Yes. Trendon posted the info at the Clubhouse some weeks ago.


----------



## mcdougall (Oct 28, 2007)

Here is the link to the Clubhouse thread by Mike...
http://theclubhouse1.net/phpBB3/viewtopic.php?f=4&t=72375
Mcdee


----------



## MitchPD3 (Dec 27, 2001)

HabuHunter32 said:


> Oddly I believe the inaction of law enforcement is jurisdictional as well as monetary. No one will investigate or anything below a certain dollar value or something that crosses state lines other than a federal entity. If it falls into the petty theft statute no agency has the time or resources to follow up on these type of cases. Even if it was a local incident reported to local authorities it may take months for them to pursue the matter if the dollar value warrants it. In the past if you paid by US Mail you would have some recourse with the US Postmaster but in the electronic age I'm not sure who would have jurisdiction.


Very well put...couldn't have said it better myself. Also, if it's local, sometimes you have success if you report it to the Better Business Bureau.


----------



## bizzarobrian (Oct 4, 2009)

John Finnerty another Ebay scam artist.


----------



## razorwyre1 (Jan 28, 2004)

MitchPD3 said:


> Very well put...couldn't have said it better myself. Also, if it's local, sometimes you have success if you report it to the Better Business Bureau.


why does anyone think that the BBB has any power to do anything? as far as i know, the only thing they can do is withhold their recommendation, or list you as a bad seller. and if they did, so what? when was the last time you called the BBB or looked in their guidebook to see whether or not someone was listed there before doing business with them? how many businesses have you seen their window decal on? 

they may have meant something at one time, but now, from what i can tell, theyre meaningless, as is any threat to report anyone to them.


----------



## djnick66 (May 2, 2008)

The BBB is useless. For one, many people are scammed by individuals, not formal businesses. Also, you have to pay to be a member of the BBB and the BBB can only make recommendations or comments on its paid membership. So if you were defrauded by a shady business, unless the business was a paid member of the BBB you are still out of luck. Not that they can really do anything.

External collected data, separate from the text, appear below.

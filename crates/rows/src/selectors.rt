//! Rows on selectors: of queries, of rules, and the bounds that they give a field.

use crate::fault::{RowsFault, named};
use crate::playing::Asked;
use crate::texts::put;
use crate::values::{path_of, put_value};
use couch_json::{Json, read};
use selector::{Bounds, Edge, RuleSelector, Selector};
use std::alloc::Global;

/// `SELECTOR`: `selector`, or the fault by which it is none. `SELECTOR on VALUE`: `true` or `false`.
/// `SELECTOR on each of [VALUE, ..]`: for each value, `T` or `-`. `rule SELECTOR ..`: the same of the
/// selector of a rule.
pub fn selector(asked: Asked<'_>, out: &mut String) -> Result<(), RowsFault> {
    let question = asked.text();
    if let Some((selector, values)) = question.split_once(" on each of ") {
        return mark_each(asked.alloc, selector, values, out);
    }
    let Some((selector, value)) = question.split_once(" on ") else {
        is_true(asked.alloc, question, &Json::Null, out)?;
        return put("selector", out);
    };
    let value = named(read(asked.alloc, value.as_bytes()), out)?;
    let is_true = is_true(asked.alloc, selector, &value, out)?;
    put(if is_true { "true" } else { "false" }, out)
}

/// Marks of which values of a list a selector is true.
fn mark_each(
    alloc: Global,
    selector: &str,
    values: &str,
    out: &mut String,
) -> Result<(), RowsFault> {
    let values = named(read(alloc, values.as_bytes()), out)?;
    let Some(values) = values.items() else {
        return Err(RowsFault::Refused("not a list"));
    };
    for value in values {
        let is_true = is_true(alloc, selector, value, out)?;
        out.push(if is_true { 'T' } else { '-' })?;
    }
    Ok(())
}

/// Tells whether the selector of a text is true of a value.
fn is_true(alloc: Global, text: &str, value: &Json, out: &mut String) -> Result<bool, RowsFault> {
    match text.strip_prefix("rule ") {
        Some(text) => {
            let json = named(read(alloc, text.as_bytes()), out)?;
            Ok(named(RuleSelector::parse(alloc, &json), out)?.matches(value))
        }
        None => Ok(query_of(alloc, text, out)?.matches(value)),
    }
}

/// Returns the selector of a query.
fn query_of(alloc: Global, text: &str, out: &mut String) -> Result<Selector, RowsFault> {
    let json = named(read(alloc, text.as_bytes()), out)?;
    named(Selector::parse(alloc, &json), out)
}

/// `SELECTOR at PATH`: the bounds of the field: `any`, `there`, or its edges, as `from 1 below 5` and
/// `above 1 to 5`. Where the table of all fields has others, they follow.
pub fn bounds(asked: Asked<'_>, out: &mut String) -> Result<(), RowsFault> {
    let Some((selector, path)) = asked.text().rsplit_once(" at ") else {
        return Err(RowsFault::Refused("SELECTOR at PATH"));
    };
    let selector = query_of(asked.alloc, selector, out)?;
    let path = path_of(asked.alloc, path, out)?;
    put_bounds(asked.alloc, selector.bounds(&path), out)?;
    let fields = selector.field_bounds(asked.alloc)?;
    let mut other = String::new(asked.alloc);
    put_bounds(asked.alloc, fields.get(&path), &mut other)?;
    if other.as_str() != out.as_str() {
        out.push_str(", in the table ")?;
        out.push_str(other.as_str())?;
    }
    Ok(())
}

/// Adds bounds.
fn put_bounds(alloc: Global, bounds: Bounds<'_>, out: &mut String) -> Result<(), RowsFault> {
    match bounds {
        Bounds::Any => put("any", out),
        Bounds::Range(None, None) => put("there", out),
        Bounds::Range(low, high) => {
            put_edge(alloc, low, "from ", "above ", out)?;
            put_edge(alloc, high, "to ", "below ", out)
        }
    }
}

/// Adds an edge, behind the one word if it is inside and behind the other if it is not.
fn put_edge(
    alloc: Global,
    edge: Option<Edge<'_>>,
    inside: &str,
    outside: &str,
    out: &mut String,
) -> Result<(), RowsFault> {
    let Some(edge) = edge else {
        return Ok(());
    };
    if !out.is_empty() {
        out.push(' ')?;
    }
    out.push_str(if edge.inclusive { inside } else { outside })?;
    put_value(alloc, edge.value, out)
}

And how many people actually check with the BBB BEFORE they make a purchase or deal?


----------



## bizzarobrian (Oct 4, 2009)

*Dead Beat Corner*

We need one.


----------



## scotpens (Sep 6, 2003)

I'd advise all members not to have any dealings with Roy Shetley of Sevierville, TN, who goes by the username Coffee Addict. He never paid me for two kits I shipped to him -- just kept emailing excuses. At least I've learned my lesson: Always get the money up front.


----------



## John P (Sep 1, 1999)

I just saw a news item about some guy named Walters in Florida who went on a shooting rampage because he was falsely accused of something...


----------



## djnick66 (May 2, 2008)

Scary thing is we had a guy in the local model club in Tampa, FL, George Bello, that I knew for years... he went postal, gunned down his ex wife, a fireman that was cheaing on his wife on the side, someone else, and a couple of cops. When modellers go bad...


----------



## Yo Homeboy (May 20, 2004)

I think we've all been ripped off by someone at least once in our lives. Good luck in your recovery efforts.


----------



## bizzarobrian (Oct 4, 2009)

djnick66 said:


> Scary thing is we had a guy in the local model club in Tampa, FL, George Bello, that I knew for years... he went postal, gunned down his ex wife, a fireman that was cheaing on his wife on the side, someone else, and a couple of cops. When modellers go bad...


Same deal for me with John Fennerty.He stalled over me not getting my kit then claimed he sent a 2nd.Never seen it cause he never sent either.Then it was too late to get Ebay after him.He even taunted me by saying I had no insurance on the kit & that it sucks to be me.


----------



## HabuHunter32 (Aug 22, 2009)

Iv'e only been ripped off once. It was on Ebay and the seller was HongKong Cowboy. Same tactic. He said he sent it and it got lost...then he sent it a second time and the package got lost....and on and on...He stalled almost long enough but not quite. I got a partial refund from Paypal...6 months later! I ordered 10 kits from him in that one order and only recovered about half of my money.

After that I never buy anything from Hong Kong! If I need anything from the Orient hobby wise I buy through Hobby Link Japan! Great service never a problem! Hey...live and learn!


----------